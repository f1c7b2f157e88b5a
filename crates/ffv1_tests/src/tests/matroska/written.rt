//! Files that are written: whole, open and begun, and what is refused.

use super::written_example::{EXAMPLE, FILE, FRAME, RECORD, SECOND};
use ffv1_doubles::{FailingWriter, Scarce};
use ffv1_matroska::{CodecId, MatroskaWriter, TrackEntry};
use ffv1_reads::{Colour, FileFault, FileHead};
use ffv1_sum::crc32;
use ffv1_wire::{ByteOut, PatchOut, ToMemory, ToWrite};
use std::alloc::{Allocator, Global};
use std::io::ErrorKind;
use std::process::Abort;
use std::test::Fail;

/// The record alone in CodecPrivate, and nothing is known of how pictures are shown.
const PLAIN: TrackEntry = TrackEntry {
    codec_id: CodecId::Native,
    structure: 0,
    sar_num: 0,
    sar_den: 0,
};

/// A head of this size and rate.
fn head_of<A: Allocator>(
    alloc: A,
    size: (u32, u32),
    rate: (u32, u32),
) -> Result<FileHead<A>, FileFault> {
    Ok(FileHead {
        width: size.0,
        height: size.1,
        rate: rate.0,
        scale: rate.1,
        colour: Colour::UNSAID,
        config_record: Vec::from_slice(alloc, &RECORD)?,
    })
}

/// Writes two frames, or one if the second is empty, and ends the file.
fn put_all<W: PatchOut>(
    alloc: Global,
    out: &mut W,
    head: &FileHead,
    details: TrackEntry,
    second: &[u8],
) -> Result<bool, FileFault> {
    let mut writer = MatroskaWriter::new(alloc, head, details)?;
    writer.put(out, FRAME)?;
    if !second.is_empty() {
        writer.put(out, second)?;
    }
    writer.finish(out)
}

/// The example in its open form.
fn open_example() -> [u8; 399] {
    let mut file = EXAMPLE;
    file[44..52].copy_from_slice(b"\x01\xFF\xFF\xFF\xFF\xFF\xFF\xFF");
    file[57..63].copy_from_slice(b"\xBF\x84\xAD\xF0\x40\x38");
    file[105..126].copy_from_slice(b"\xEC\x93\0\0\0\0\0\0\0\0\0\0\0\0\0\0\0\0\0\0\0");
    file[131..137].copy_from_slice(b"\xBF\x84\x20\xDD\x34\x93");
    file[149..160].copy_from_slice(b"\xEC\x89\0\0\0\0\0\0\0\0\0");
    file
}

/// Whether a file of this size and rate is these bytes, finished.
fn is_finished(
    alloc: Global,
    numbers: [(u32, u32); 2],
    details: TrackEntry,
    second: &[u8],
    bytes: &[u8],
) -> Result<bool, FileFault> {
    let [size, rate] = numbers;
    let head = head_of(alloc, size, rate)?;
    let mut out = ToMemory::new(alloc);
    let is_ended = put_all(alloc, &mut out, &head, details, second)?;
    Ok(is_ended && out.bytes() == bytes)
}

#[test]
fn finished(rt: HostRuntime) {
    let said = TrackEntry {
        codec_id: CodecId::Native,
        structure: 1,
        sar_num: 10,
        sar_den: 11,
    };
    let (least, most) = ([(1, 1), (0, 0)], [(352, 288), (30000, 1001)]);
    assert!(rt; is_finished(rt.alloc(), least, PLAIN, b"", &EXAMPLE) == Ok(true));
    assert!(rt; is_finished(rt.alloc(), most, said, SECOND, &FILE) == Ok(true));
}

#[test]
fn open(rt: HostRuntime) -> Result<(), Fail> {
    let mut out = ToWrite::new(Vec::new(rt.alloc()));
    let head = head_of(rt.alloc(), (1, 1), (0, 0))?;
    assert!(rt; put_all(rt.alloc(), &mut out, &head, PLAIN, b"") == Ok(false));
    assert!(rt; out.into_inner().as_slice() == open_example().as_slice());
    Ok(())
}

/// Writes one frame alone.
fn begin<W: ByteOut>(alloc: Global, out: &mut W, head: &FileHead) -> Result<(), FileFault> {
    let mut writer = MatroskaWriter::new(alloc, head, PLAIN)?;
    writer.put(out, FRAME)
}

#[test]
fn begun(rt: HostRuntime) -> Result<(), Fail> {
    let mut out = ToMemory::new(rt.alloc());
    let head = head_of(rt.alloc(), (1, 1), (0, 0))?;
    begin(rt.alloc(), &mut out, &head)?;
    assert!(rt; out.bytes().len() == 354);
    assert!(rt; open_example().as_slice().starts_with(out.bytes()));
    Ok(())
}

/// The bytes and the CRC-32 of a file of two frames of 720 by 576 at 25.
fn summed(alloc: Global, structure: u8, aspect: (u16, u16)) -> Result<(usize, u32), FileFault> {
    let details = TrackEntry {
        codec_id: CodecId::Native,
        structure,
        sar_num: aspect.0,
        sar_den: aspect.1,
    };
    let mut out = ToMemory::new(alloc);
    let head = head_of(alloc, (720, 576), (25, 1))?;
    put_all(alloc, &mut out, &head, details, SECOND)?;
    Ok((out.bytes().len(), crc32(out.bytes())))
}

/// Structures and aspects, and the bytes and the CRC-32 of their files.
static SUMS: [(u8, (u16, u16), usize, u32); 6] = [
    (1, (0, 0), 485, 0x5A96_20F7),
    (2, (16, 15), 511, 0xED86_2015),
    (3, (1, 1), 508, 0xAAB1_B003),
    (0, (65535, 1), 508, 0xDA07_4DD3),
    (0, (0, 0), 482, 0x2B37_09CA),
    (4, (0, 7), 482, 0x2B37_09CA),
];

#[test]
fn structures_and_aspects(rt: HostRuntime) {
    for &(structure, aspect, length, sum) in &SUMS {
        let found = summed(rt.alloc(), structure, aspect);
        assert!(rt; found == Ok((length, sum)), "{structure} {length}");
    }
}

/// The bytes and the CRC-32 of a file of Video for Windows of this size, whose record has so many
/// bytes.
fn of_windows(alloc: Global, size: (u32, u32), count: usize) -> Result<(usize, u32), FileFault> {
    let mut head = head_of(alloc, size, (25, 1))?;
    head.config_record.truncate(count);
    let mut out = ToMemory::new(alloc);
    let entry = TrackEntry {
        codec_id: CodecId::Vfw,
        structure: 0,
        sar_num: 0,
        sar_den: 0,
    };
    put_all(alloc, &mut out, &head, entry, SECOND)?;
    Ok((out.bytes().len(), crc32(out.bytes())))
}

/// Sizes and bytes of records, and the bytes and the CRC-32 of their files.
static OF_WINDOWS: [((u32, u32), usize, usize, u32); 4] = [
    ((720, 576), 26, 531, 0xAB86_BB91),
    ((720, 576), 25, 531, 0xDF4C_EFF1),
    ((4294967295, 4294967295), 25, 531, 0x606A_5CD4),
    ((720, 576), 0, 505, 0x7513_C7DF),
];

#[test]
fn video_for_windows(rt: HostRuntime) {
    for &(size, count, length, sum) in &OF_WINDOWS {
        let found = of_windows(rt.alloc(), size, count);
        assert!(rt; found == Ok((length, sum)), "{count} {length}");
    }
}

/// Writes so many frames of one byte.
fn put_many<W: PatchOut>(
    alloc: Global,
    out: &mut W,
    head: &FileHead,
    count: u64,
) -> Result<bool, FileFault> {
    let mut writer = MatroskaWriter::new(alloc, head, PLAIN)?;
    for number in 0..count {
        writer.put(out, &[(number % 251) as u8])?;
    }
    writer.finish(out)
}

/// The bytes and the CRC-32 of a file of so many frames.
fn many(alloc: Global, count: u64) -> Result<(usize, u32), FileFault> {
    let mut out = ToMemory::new(alloc);
    let head = head_of(alloc, (1, 1), (0, 0))?;
    put_many(alloc, &mut out, &head, count)?;
    Ok((out.bytes().len(), crc32(out.bytes())))
}

#[test]
fn cues_are_thinned(rt: HostRuntime) {
    assert!(rt; many(rt.alloc(), 8192) == Ok((565_574, 0xF5BF_1915)));
    assert!(rt; many(rt.alloc(), 8193) == Ok((455_051, 0x3C7D_D0BB)));
    assert!(rt; many(rt.alloc(), 16385) == Ok((799_115, 0x4538_C0F5)));
}

/// What a writer answers if so many requests for memory are passed on.
fn in_scarce<'a>(heap: &'a Scarce<Global>) -> Result<(), FileFault> {
    let head = head_of(heap, (1, 1), (0, 0))?;
    let _writer = MatroskaWriter::new(heap, &head, PLAIN)?;
    Ok(())
}

#[test]
fn memory_refused(rt: HostRuntime) {
    assert!(rt; in_scarce(&Scarce::new(rt.alloc(), 1)) == Err(FileFault::OutOfMemory));
    assert!(rt; in_scarce(&Scarce::new(rt.alloc(), 2)) == Err(FileFault::OutOfMemory));
    assert!(rt; in_scarce(&Scarce::new(rt.alloc(), 3)) == Ok(()));
}

/// Puts the frame twice and ends the file, whatever is answered.
fn answers<W: PatchOut>(
    alloc: Global,
    out: &mut W,
    head: &FileHead,
) -> Result<(bool, bool, bool), FileFault> {
    let mut writer = MatroskaWriter::new(alloc, head, PLAIN)?;
    let first = writer.put(out, FRAME) == Err(FileFault::Write);
    let second = writer.put(out, FRAME) == Err(FileFault::Write);
    let end = writer.finish(out) == Err(FileFault::Write);
    Ok((first, second, end))
}

/// A write fails after so many bytes: the bytes are a beginning of those of the open form, and each
/// call from there on answers so.
fn fails_after(
    rt: &impl Abort,
    alloc: Global,
    head: &FileHead,
    before: usize,
    told: (bool, bool, bool),
) -> Result<(), FileFault> {
    let mut out = ToWrite::new(FailingWriter::new(alloc, before, Some(ErrorKind::Other)));
    let answers = answers(alloc, &mut out, head)?;
    let failures = out.failures();
    let inner = out.into_inner();
    assert!(rt; (answers, failures) == (told, 1));
    assert!(rt; inner.held().len() == before);
    Ok(())
}

#[test]
fn each_byte_fails(rt: HostRuntime) -> Result<(), Fail> {
    let head = head_of(rt.alloc(), (1, 1), (0, 0))?;
    for before in 0..354usize {
        fails_after(&rt, rt.alloc(), &head, before, (true, true, true))?;
    }
    for before in 354..400usize {
        fails_after(&rt, rt.alloc(), &head, before, (false, true, true))?;
    }
    for before in 400..472usize {
        fails_after(&rt, rt.alloc(), &head, before, (false, false, true))?;
    }
    Ok(())
}

/// A writer that has no frame writes nothing.
#[test]
fn no_frame(rt: HostRuntime) -> Result<(), Fail> {
    let mut out = ToMemory::new(rt.alloc());
    let head = head_of(rt.alloc(), (1, 1), (0, 0))?;
    let writer = MatroskaWriter::new(rt.alloc(), &head, PLAIN)?;
    assert!(rt; writer.finish(&mut out) == Ok(false));
    assert!(rt; out.bytes().len() == 0);
    Ok(())
}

——————————

Within the material above, extract exactly the lines that start at the line containing "numbers: [(u32, u32);" and stop after the line containing "let mut out = ToWrite::new(Vec::new(rt.alloc()));", and only those.

    numbers: [(u32, u32); 2],
    details: TrackEntry,
    second: &[u8],
    bytes: &[u8],
) -> Result<bool, FileFault> {
    let [size, rate] = numbers;
    let head = head_of(alloc, size, rate)?;
    let mut out = ToMemory::new(alloc);
    let is_ended = put_all(alloc, &mut out, &head, details, second)?;
    Ok(is_ended && out.bytes() == bytes)
}

#[test]
fn finished(rt: HostRuntime) {
    let said = TrackEntry {
        codec_id: CodecId::Native,
        structure: 1,
        sar_num: 10,
        sar_den: 11,
    };
    let (least, most) = ([(1, 1), (0, 0)], [(352, 288), (30000, 1001)]);
    assert!(rt; is_finished(rt.alloc(), least, PLAIN, b"", &EXAMPLE) == Ok(true));
    assert!(rt; is_finished(rt.alloc(), most, said, SECOND, &FILE) == Ok(true));
}

#[test]
fn open(rt: HostRuntime) -> Result<(), Fail> {
    let mut out = ToWrite::new(Vec::new(rt.alloc()));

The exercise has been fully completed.